> [Work item] Scan the records for the word "IsChangeLine". Report each line where it occurs.

Stored data entries:

————

//! Which values have no text.

ghost use Rattle.std.specs.Prelude.{◌↔◌, IsTrue};
ghost use Rattle.history_text.specs.Arrays.{IsUnwrittenArray};
ghost use Rattle.history_text.specs.Values.{IsUnwritten};
ghost use Rattle.history_csv.specs.Rows.{IsTextless, ShowsTextless};

use ua_variant::{Array, DataValue, Scalar, Variant};

/// Whether a value is of a type that isn't written as text.
fn is_unwritten(value: &Scalar) -> bool
    ensures { IsTrue result ↔ IsUnwritten value.now }
{
    match value {
        Scalar::NodeId(_) | Scalar::QualifiedName(_) | Scalar::LocalizedText(_) => true,
        _ => false,
    }
}

/// Whether an array is of such a type.
fn is_unwritten_array(array: &Array) -> bool
    ensures { IsTrue result ↔ IsUnwrittenArray array.now }
{
    match array {
        Array::NodeId(_) | Array::QualifiedName(_) | Array::LocalizedText(_) => true,
        _ => false,
    }
}

/// Whether a value has no text.
pub(crate) fn is_textless(value: &Option<Variant>) -> bool
    ensures { IsTrue result ↔ IsTextless value.now }
{
    match value {
        Some(Variant::Scalar(value)) => is_unwritten(value),
        Some(Variant::Array(array)) => is_unwritten_array(array),
        Some(Variant::Null) | None => false,
    }
}

/// Whether a modification shows a value that has no text.
pub(crate) fn shows_textless(shown: &Option<DataValue>) -> bool
    ensures { IsTrue result ↔ ShowsTextless shown.now }
{
    match shown {
        Some(given) => is_textless(&given.value),
        None => false,
    }
}
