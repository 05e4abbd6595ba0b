//! A node's history is printed.

ghost use Rattle.std.specs.Prelude.{◌≡◌, [], IsErrOf};
ghost use Rattle.archive.specs.Store.{IsAskedWithin};
ghost use Rattle.counted_io.specs.Bytes.{counted};
ghost use Rattle.history_csv.specs.Rows.{IsTextless, ShowsTextless};
ghost use Rattle.history_report.specs.Html.{IsDrawing};
ghost use Rattle.history_report.specs.Reports.{Prints, ReadsFor, IsValueLine, IsChangeLine, footer_of};
ghost use Rattle.history_report.specs.Paging.{PrintsLines, PrintsRows, SendsHeader, SendsText, values_left, changes_left};

use crate::drawing::put_drawing;
use crate::fault::ReportFault;
use crate::lines::{footer, put_header};
use crate::pages::{Pages, next_changes, next_values};
use crate::report::Report;
use crate::rows::send_rows;
use crate::span::span_of;
use archive::Archive;
use counted_io::Counted;
use std::alloc::Global;
use std::io::Write;

/// Prints the header, a page's with this drawing.
fn send_header<W: Write>(
    alloc: Global,
    report: &Report,
    drawing: &[u8],
    output: &mut Counted<W>,
) -> Result<(), ReportFault>
    requires { IsDrawing report.now drawing.now }
    ensures sends { SendsHeader report.now (W.contents output.old.inner)
        (W.contents output.new.inner) result }
    ensures write { IsErrOf result ReportFault.Write
        → output.new.faults ≡ counted output.old.faults }
    ensures kept { (IsErrOf result ReportFault.Write → ⊥) → output.new.faults ≡ output.old.faults }
{
    let mut text = Vec::new(alloc);
    match put_header(alloc, report, drawing, &mut text) {
        Ok(()) => {}
        Err(_) => return Err(ReportFault::OutOfMemory),
    }
    match output.send(text.as_slice()) {
        Ok(()) => Ok(()),
        Err(_) => Err(ReportFault::Write),
    }
}

/// Prints the live values of these pages.
fn print_values<A: Archive, W: Write>(
    alloc: Global,
    archive: &mut A,
    report: &Report,
    mut pages: Pages,
    output: &mut Counted<W>,
) -> Result<(), ReportFault>
    ensures prints { ReadsFor (A.state archive.old) (A.state archive.new) result
        (λ R. PrintsLines (IsValueLine report.now) (λ h. IsTextless h.value.value) []
        (values_left report.now.node pages R) (W.contents output.old.inner)
        (W.contents output.new.inner) result) }
    ensures asked { IsAskedWithin 8 (A.asked archive.old) (A.asked archive.new) }
    ensures write { IsErrOf result ReportFault.Write
        → output.new.faults ≡ counted output.old.faults }
    ensures kept { (IsErrOf result ReportFault.Write → ⊥) → output.new.faults ≡ output.old.faults }
{
    let mut text = Vec::new(alloc);
    for _ in 0..u64::MAX {
        let page = match next_values(alloc, archive, report, &mut pages) {
            Ok(page) => page,
            Err(fault) => return Err(ReportFault::Store(fault)),
        };
        let rows = page.as_slice();
        if rows.is_empty() {
            return Ok(());
        }
        match send_rows(alloc, report, rows, &mut text, output) {
            Ok(()) => {}
            Err(fault) => return Err(fault),
        }
    }
    Err(ReportFault::OutOfMemory)
}

/// Prints the modifications of these pages.
fn print_changes<A: Archive, W: Write>(
    alloc: Global,
    archive: &mut A,
    report: &Report,
    mut pages: Pages,
    output: &mut Counted<W>,
) -> Result<(), ReportFault>
    ensures prints { ReadsFor (A.state archive.old) (A.state archive.new) result
        (λ R. PrintsLines (IsChangeLine report.now) (λ e. ShowsTextless e.value) []
        (changes_left report.now.node pages R) (W.contents output.old.inner)
        (W.contents output.new.inner) result) }
    ensures asked { IsAskedWithin 8 (A.asked archive.old) (A.asked archive.new) }
    ensures write { IsErrOf result ReportFault.Write
        → output.new.faults ≡ counted output.old.faults }
    ensures kept { (IsErrOf result ReportFault.Write → ⊥) → output.new.faults ≡ output.old.faults }
{
    let mut text = Vec::new(alloc);
    for _ in 0..u64::MAX {
        let page = match next_changes(alloc, archive, report, &mut pages) {
            Ok(page) => page,
            Err(fault) => return Err(ReportFault::Store(fault)),
        };
        let rows = page.as_slice();
        if rows.is_empty() {
            return Ok(());
        }
        match send_rows(alloc, report, rows, &mut text, output) {
            Ok(()) => {}
            Err(fault) => return Err(fault),
        }
    }
    Err(ReportFault::OutOfMemory)
}

/// Prints the live values or the modifications of these pages.
fn print_rows<A: Archive, W: Write>(
    alloc: Global,
    archive: &mut A,
    report: &Report,
    pages: Pages,
    output: &mut Counted<W>,
) -> Result<(), ReportFault>
    ensures prints { ReadsFor (A.state archive.old) (A.state archive.new) result
        (λ R. PrintsRows report.now pages R (W.contents output.old.inner)
        (W.contents output.new.inner) result) }
    ensures asked { IsAskedWithin 8 (A.asked archive.old) (A.asked archive.new) }
    ensures write { IsErrOf result ReportFault.Write
        → output.new.faults ≡ counted output.old.faults }
    ensures kept { (IsErrOf result ReportFault.Write → ⊥) → output.new.faults ≡ output.old.faults }
{
    if report.changes {
        print_changes(alloc, archive, report, pages, output)
    } else {
        print_values(alloc, archive, report, pages, output)
    }
}

/// Prints the footer.
fn send_footer<W: Write>(report: &Report, output: &mut Counted<W>) -> Result<(), ReportFault>
    ensures sends { SendsText (footer_of report.now) (W.contents output.old.inner)
        (W.contents output.new.inner) result }
    ensures write { IsErrOf result ReportFault.Write
        → output.new.faults ≡ counted output.old.faults }
    ensures kept { (IsErrOf result ReportFault.Write → ⊥) → output.new.faults ≡ output.old.faults }
{
    match output.send(footer(report)) {
        Ok(()) => Ok(()),
        Err(_) => Err(ReportFault::Write),
    }
}

/// Prints a node's history: a header, a line for each live value, or for each modification, whose
/// source time is at `from` or later and before `to`, in the order of time, of one time the newest
/// modification first, and a footer. `form` says what these are: `Form` has them. The archive stays
/// as it is. At most eight values are in memory at a time, and of what is written of them
/// 64 KiB and a line.
///
/// Errors: `Store` where the archive met a fault of its store, `NoText` where the next value has no
/// text (all lines before it stand), `Write` where a write failed (the writer's `faults` rose),
/// `OutOfMemory` where memory was wanting. What was printed stands, a first part of the whole;
/// after any of them a page has no end, and a browser shows what there is of it.
pub fn print_report<A: Archive, W: Write>(
    alloc: Global,
    archive: &mut A,
    report: &Report,
    output: &mut Counted<W>,
) -> Result<(), ReportFault>
    ensures prints { Prints report.now (A.state archive.old) (A.state archive.new)
        (W.contents output.old.inner) (W.contents output.new.inner) result }
    ensures asked { IsAskedWithin 8 (A.asked archive.old) (A.asked archive.new) }
    ensures write { IsErrOf result ReportFault.Write
        → output.new.faults ≡ counted output.old.faults }
    ensures kept { (IsErrOf result ReportFault.Write → ⊥) → output.new.faults ≡ output.old.faults }
{
    let within = match archive.vector() {
        Ok(within) => within,
        Err(fault) => return Err(ReportFault::Store(fault)),
    };
    let mut pages = Pages {
        within,
        span: span_of(report),
        after: None,
    };
    let mut drawing = Vec::new(alloc);
    match put_drawing(alloc, archive, report, &mut pages, &mut drawing) {
        Ok(()) => {}
        Err(fault) => return Err(fault),
    }
    match send_header(alloc, report, drawing.as_slice(), output) {
        Ok(()) => {}
        Err(fault) => return Err(fault),
    }
    pages.span = span_of(report);
    pages.after = None;
    match print_rows(alloc, archive, report, pages, output) {
        Ok(()) => send_footer(report, output),
        Err(fault) => Err(fault),
    }
}
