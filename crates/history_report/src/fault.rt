//! What ended a report, or a part of one, before its end.

use archive::StoreFault;
use thiserror::Error;

/// What ended a report before its end.
#[derive(Clone, Copy, Debug, PartialEq, Eq, Error)]
pub enum ReportFault {
    /// The archive met this fault of its store.
    #[error("{0}")]
    Store(StoreFault),
    /// The next value is of a type that has no text.
    #[error("values of this type are not written as text")]
    NoText,
    /// A write failed, or took nothing.
    #[error("a write failed")]
    Write,
    /// Memory ran out.
    #[error("out of memory")]
    OutOfMemory,
}

/// What ended the first part of a report before its end.
#[derive(Clone, Copy, Debug, PartialEq, Eq, Error)]
pub enum PartFault {
    /// The report met this fault.
    #[error("{0}")]
    Report(ReportFault),
    /// The first 501 modifications are of one moment, and a page has at most 500 rows.
    #[error("more than 500 modifications of one moment")]
    Crowded,
}
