//! A history that is made portion by portion.

ghost use Rattle.std.specs.Prelude.{◌≡◌, ◌++◌, true, false, Ok, Err, IfErr, OnOk, OnErr, IsErrOf, MatchResult};
ghost use Rattle.archive.specs.Store.{IsAskedWithin};
ghost use Rattle.history_report.specs.Html.{IsDrawing};
ghost use Rattle.history_report.specs.Reports.{IsHeader, ReadsFor, footer_of};
ghost use Rattle.history_report.specs.Paging.{IsPut, values_left, changes_left, fault_told};
ghost use Rattle.history_report.specs.Portions.{PutsRows, PutsValues, PutsChanges, TakesPortion, ending, kept_behind, left_of};

use crate::drawing::put_drawing;
use crate::fault::ReportFault;
use crate::lines::{footer, put_header};
use crate::pages::{Pages, first_changes, first_values, go_behind, span_behind};
use crate::report::Report;
use crate::rows::{LONG, Row};
use crate::span::span_of;
use archive::Archive;
use history_text::TextFault;
use std::alloc::Global;
use std::marker::Model;

/// A history that is made portion by portion, of the records that were held when it began: a thread
/// that serves others too makes a portion, and turns to them.
#[derive(Debug, Drop)]
pub struct Portions {
    report: Report,
    pages: Pages,
}

impl Model for Portions {
    ghost use Rattle.history_report.specs.Portions.{Remainder};

    ghost Value = { Remainder };

    ghost view = { λ p. record { report = p.report; pages = p.pages } };
}

/// Appends the header, a page's with this drawing; nothing where memory is wanting.
fn append_header(
    alloc: Global,
    report: &Report,
    drawing: &[u8],
    out: &mut Vec<u8>,
) -> Result<(), ReportFault>
    requires { IsDrawing report.now drawing.now }
    ensures written { OnOk result (IsPut out.old.items out.new.items (IsHeader report.now)) }
    ensures kept { OnErr result (out.new.items ≡ out.old.items) }
    ensures why { IfErr result (λ why. why ≡ ReportFault.OutOfMemory) }
{
    let mut text = Vec::new(alloc);
    match put_header(alloc, report, drawing, &mut text) {
        Ok(()) => {}
        Err(_) => return Err(ReportFault::OutOfMemory),
    }
    match out.extend_from_slice(text.as_slice()) {
        Ok(()) => Ok(()),
        Err(_) => Err(ReportFault::OutOfMemory),
    }
}

/// Appends the footer, and tells that nothing is left; nothing where memory is wanting.
fn append_footer(report: &Report, out: &mut Vec<u8>) -> Result<bool, ReportFault>
    ensures { MatchResult result
        (λ more. (more ≡ false) × (out.new.items ≡ out.old.items ++ footer_of report.now))
        (λ why. (why ≡ ReportFault.OutOfMemory) × (out.new.items ≡ out.old.items)) }
{
    match out.extend_from_slice(footer(report)) {
        Ok(()) => Ok(false),
        Err(_) => Err(ReportFault::OutOfMemory),
    }
}

/// What ends a portion, by why a line wasn't put. Where memory is wanting, what stands behind
/// `start` is taken back.
fn take_back(fault: TextFault, start: usize, out: &mut Vec<u8>) -> ReportFault
    ensures told { result ≡ fault_told fault }
    ensures kept { out.new.items ≡ kept_behind fault start out.old.items }
{
    match fault {
        TextFault::NoText => ReportFault::NoText,
        _ => {
            out.truncate(start);
            ReportFault::OutOfMemory
        }
    }
}

/// Appends a line for each of the first rows, up to one that has no text, or where the lines are
/// 64 KiB or longer, and tells of how many; nothing where memory is wanting.
fn append_rows<T: Row>(
    alloc: Global,
    report: &Report,
    rows: &[T],
    out: &mut Vec<u8>,
) -> Result<usize, ReportFault>
    ensures { PutsRows (T.is_line report.now) T.is_textless rows.now
        out.old.items out.new.items result }
{
    let start = out.len();
    let mut count = 0usize;
    for row in rows {
        match row.put_line(alloc, report, out) {
            Ok(()) => {}
            Err(fault) => return Err(take_back(fault, start, out)),
        }
        count += 1;
        if out.len().saturating_sub(start) >= LONG {
            return Ok(count);
        }
    }
    Ok(count)
}

/// Appends the lines of the next live values; false: none was left, and the footer was appended.
fn append_values<A: Archive>(
    alloc: Global,
    archive: &mut A,
    report: &Report,
    pages: &mut Pages,
    out: &mut Vec<u8>,
) -> Result<bool, ReportFault>
    ensures takes { ReadsFor (A.state archive.old) (A.state archive.new) (ending result)
        (λ R. PutsValues report.now (values_left report.now.node pages.old R)
        (values_left report.now.node pages.new R) out.old.items out.new.items result) }
    ensures same { pages.new.within ≡ pages.old.within }
    ensures kept { OnErr result (pages.new ≡ pages.old) }
    ensures asked { IsAskedWithin 8 (A.asked archive.old) (A.asked archive.new) }
    ensures own { IsErrOf result ReportFault.Write → ⊥ }
{
    let page = match first_values(alloc, archive, report, pages) {
        Ok(page) => page,
        Err(fault) => return Err(ReportFault::Store(fault)),
    };
    let rows = page.as_slice();
    if rows.is_empty() {
        return append_footer(report, out);
    }
    match append_rows(alloc, report, rows, out) {
        Ok(count) => {
            pages.span = span_behind(pages.span, &rows[..count]);
            Ok(true)
        }
        Err(fault) => Err(fault),
    }
}

/// Appends the lines of the next modifications; false: none was left, and the footer was appended.
fn append_changes<A: Archive>(
    alloc: Global,
    archive: &mut A,
    report: &Report,
    pages: &mut Pages,
    out: &mut Vec<u8>,
) -> Result<bool, ReportFault>
    ensures takes { ReadsFor (A.state archive.old) (A.state archive.new) (ending result)
        (λ R. PutsChanges report.now (changes_left report.now.node pages.old R)
        (changes_left report.now.node pages.new R) out.old.items out.new.items result) }
    ensures same { pages.new.within ≡ pages.old.within }
    ensures kept { OnErr result (pages.new ≡ pages.old) }
    ensures asked { IsAskedWithin 8 (A.asked archive.old) (A.asked archive.new) }
    ensures own { IsErrOf result ReportFault.Write → ⊥ }
{
    let page = match first_changes(alloc, archive, report, pages) {
        Ok(page) => page,
        Err(fault) => return Err(ReportFault::Store(fault)),
    };
    let rows = page.as_slice();
    if rows.is_empty() {
        return append_footer(report, out);
    }
    match append_rows(alloc, report, rows, out) {
        Ok(count) => {
            go_behind(pages, &rows[..count]);
            Ok(true)
        }
        Err(fault) => Err(fault),
    }
}

/// Appends the lines of the next of what a report asks for; false: none was left, and the footer was
/// appended.
fn append_page<A: Archive>(
    alloc: Global,
    archive: &mut A,
    report: &Report,
    pages: &mut Pages,
    out: &mut Vec<u8>,
) -> Result<bool, ReportFault>
    ensures takes { TakesPortion (left_of report.now pages.old) (left_of report.now pages.new)
        (A.state archive.old) (A.state archive.new) out.old.items out.new.items result }
    ensures same { pages.new.within ≡ pages.old.within }
    ensures kept { OnErr result (pages.new ≡ pages.old) }
    ensures asked { IsAskedWithin 8 (A.asked archive.old) (A.asked archive.new) }
    ensures own { IsErrOf result ReportFault.Write → ⊥ }
{
    if report.changes {
        append_changes(alloc, archive, report, pages, out)
    } else {
        append_values(alloc, archive, report, pages, out)
    }
}

impl Portions {
    ghost use Rattle.history_report.specs.Portions.{Begins, IsOfSame};

    /// Begins: appends the header, a page's with the drawing of its values. The records that the
    /// archive holds now are those that the history is of, whatever it learns later.
    ///
    /// Errors: `Store` where the archive met a fault of its store, `OutOfMemory` where memory was
    /// wanting; then nothing is appended.
    pub fn begin<A: Archive>(
        alloc: Global,
        archive: &mut A,
        report: Report,
        out: &mut Vec<u8>,
    ) -> Result<Portions, ReportFault>
        ensures begins { Begins report (A.state archive.old) (A.state archive.new) result }
        ensures header { OnOk result (IsPut out.old.items out.new.items (IsHeader report)) }
        ensures kept { OnErr result (out.new.items ≡ out.old.items) }
        ensures asked { IsAskedWithin 8 (A.asked archive.old) (A.asked archive.new) }
        ensures own { IsErrOf result ReportFault.Write → ⊥ }
    {
        let within = match archive.vector() {
            Ok(within) => within,
            Err(fault) => return Err(ReportFault::Store(fault)),
        };
        let mut pages = Pages {
            within,
            span: span_of(&report),
            after: None,
        };
        let mut drawing = Vec::new(alloc);
        match put_drawing(alloc, archive, &report, &mut pages, &mut drawing) {
            Ok(()) => {}
            Err(fault) => return Err(fault),
        }
        pages.span = span_of(&report);
        pages.after = None;
        match append_header(alloc, &report, drawing.as_slice(), out) {
            Ok(()) => Ok(Portions { report, pages }),
            Err(fault) => Err(fault),
        }
    }

    /// Appends the lines of the next values or modifications, of at most eight, and of fewer where
    /// their lines are 64 KiB or longer, and tells whether there was one; where none was left, it
    /// appends the footer. The archive stays as it is.
    ///
    /// Errors: `Store` where the archive met a fault of its store, `OutOfMemory` where memory was
    /// wanting; then nothing is appended. `NoText` where a value has no text: then the lines before
    /// it are appended. After any of them as much is still to come as before.
    pub fn next<A: Archive>(
        &mut self,
        alloc: Global,
        archive: &mut A,
        out: &mut Vec<u8>,
    ) -> Result<bool, ReportFault>
        ensures takes { TakesPortion self.old self.new (A.state archive.old) (A.state archive.new)
            out.old.items out.new.items result }
        ensures same { IsOfSame self.old self.new }
        ensures kept { OnErr result (self.new ≡ self.old) }
        ensures asked { IsAskedWithin 8 (A.asked archive.old) (A.asked archive.new) }
        ensures own { IsErrOf result ReportFault.Write → ⊥ }
    {
        append_page(alloc, archive, &self.report, &mut self.pages, out)
    }
}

————

> [Task solution]
ghost use Rattle.history_report.specs.Reports.{Prints, ReadsFor, IsValueLine, IsChangeLine, footer_of};
        (λ R. PrintsLines (IsChangeLine report.now) (λ e. ShowsTextless e.value) []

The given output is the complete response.